**Task to complete:**
An exact copy of the lines from the one containing "pub(crate) fn bad_keep(out: &mut" through the last line below is required; include both of those lines and no others.

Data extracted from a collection
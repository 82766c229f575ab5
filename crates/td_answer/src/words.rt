//! What is wrong with words about inputs.

ghost use Rattle.std.specs.Prelude.{◌≡◌, ◌++◌, map, slice_get, OnOk};
ghost use Rattle.td_inputs.specs.Labels.{label_in};
ghost use Rattle.td_inputs.specs.Readings.{fault_in};
ghost use Rattle.td_answer.specs.Refusals.{vector_word, called, at_line_text, bad_text, bad_keep_text, quote_text, no_input_text, no_net_text, clash_text, input_text, word_text};

use std::alloc::AllocError;
use td_inputs::{Label, Topic, WordFault};
use td_lines::Text;
use td_question::Quote;
use td_question::vector::VectorWord;

/// The word that gives nothing for the inputs, as the usage of the command names it.
pub(crate) fn vector(out: &mut Text, word: VectorWord) -> Result<(), AllocError>
    ensures { OnOk result (out.new ≡ out.old ++ vector_word word) }
{
    match word {
        VectorWord::From => out.push(b"bad vector FROM"),
        VectorWord::To => out.push(b"bad vector TO"),
        VectorWord::First => out.push(b"bad vector first"),
        VectorWord::Second => out.push(b"bad vector second"),
        VectorWord::Hold => out.push(b"bad vector hold"),
        VectorWord::At => out.push(b"bad vector at"),
    }
}

/// What a word of an option by name is called.
fn called(topic: Topic) -> &'static [u8]
    ensures { result.now ≡ called topic }
{
    match topic {
        Topic::Pin => b"pin ",
        Topic::HoldInput => b"held input ",
        _ => b"time ",
    }
}

fn bad(out: &mut Text, topic: Topic, word: &[u8]) -> Result<(), AllocError>
    ensures { OnOk result (out.new ≡ out.old ++ bad_text topic word.now) }
{
    out.push(b"bad ")?;
    out.push(called(topic))?;
    out.push(word)
}

fn no_input(out: &mut Text, name: &[u8]) -> Result<(), AllocError>
    ensures { OnOk result (out.new ≡ out.old ++ no_input_text name.now) }
{
    out.push(b"no input ")?;
    out.push(name)
}

/// The printed name of an input, empty where there is none at this place.
fn input_name(labels: &[Label], place: usize) -> &[u8]
    ensures { result.now ≡ input_text (slice_get (map label_in labels.now) place) }
{
    match labels.get(place) {
        Some(label) => label.name(),
        None => b"",
    }
}

/// That a word differs for an input from another one.
fn clash(out: &mut Text, topic: Topic, word: &[u8], input: &[u8]) -> Result<(), AllocError>
    ensures { OnOk result (out.new ≡ out.old ++ clash_text topic word.now input.now) }
{
    out.push(called(topic))?;
    out.push(word)?;
    out.push(b": another argument differs for input ")?;
    out.push(input)
}

/// The line of a file, where it is of one.
fn at_line(out: &mut Text, line: Option<u64>) -> Result<(), AllocError>
    ensures { OnOk result (out.new ≡ out.old ++ at_line_text line) }
{
    match line {
        None => Ok(()),
        Some(line) => out.number_behind(b" at line ", line),
    }
}

/// A text that a request has, and the line of a file.
fn quote(out: &mut Text, quote: Quote<'_>) -> Result<(), AllocError>
    ensures { OnOk result (out.new ≡ out.old ++ quote_text quote.entry) }
{
    out.push(quote.text)?;
    at_line(out, quote.line)
}

/// That a word or a line is no condition.
pub(crate) fn bad_keep(out: &mut Text, told: Quote<'_>) -> Result<(), AllocError>
    ensures { OnOk result (out.new ≡ out.old ++ bad_keep_text told.entry) }
{
    out.push(b"bad keep ")?;
    quote(out, told)
}

/// That a condition names no net.
pub(crate) fn no_net(out: &mut Text, name: Quote<'_>) -> Result<(), AllocError>
    ensures { OnOk result (out.new ≡ out.old ++ no_net_text name.entry) }
{
    out.push(b"no net ")?;
    quote(out, name)
}

/// What is wrong with a word by name, for inputs that are called so.
pub(crate) fn name(out: &mut Text, fault: WordFault<'_>, labels: &[Label]) -> Result<(), AllocError>
    ensures { OnOk result (out.new ≡ out.old ++ word_text (fault_in fault.entry) (map label_in labels.now)) }
{
    match fault {
        WordFault::Bad(topic, word) => bad(out, topic, word),
        WordFault::NoInput(name) => no_input(out, name),
        WordFault::Clash(topic, word, place) => clash(out, topic, word, input_name(labels, place)),
        WordFault::TwoForms => out.push(b"--at by name and by place"),
    }
}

**Response box:**
pub(crate) fn bad_keep(out: &mut Text, told: Quote<'_>) -> Result<(), AllocError>
    ensures { OnOk result (out.new ≡ out.old ++ bad_keep_text told.entry) }
{
    out.push(b"bad keep ")?;
    quote(out, told)
}

/// That a condition names no net.
pub(crate) fn no_net(out: &mut Text, name: Quote<'_>) -> Result<(), AllocError>
    ensures { OnOk result (out.new ≡ out.old ++ no_net_text name.entry) }
{
    out.push(b"no net ")?;
    quote(out, name)
}

/// What is wrong with a word by name, for inputs that are called so.
pub(crate) fn name(out: &mut Text, fault: WordFault<'_>, labels: &[Label]) -> Result<(), AllocError>
    ensures { OnOk result (out.new ≡ out.old ++ word_text (fault_in fault.entry) (map label_in labels.now)) }
{
    match fault {
        WordFault::Bad(topic, word) => bad(out, topic, word),
        WordFault::NoInput(name) => no_input(out, name),
        WordFault::Clash(topic, word, place) => clash(out, topic, word, input_name(labels, place)),
        WordFault::TwoForms => out.push(b"--at by name and by place"),
    }
}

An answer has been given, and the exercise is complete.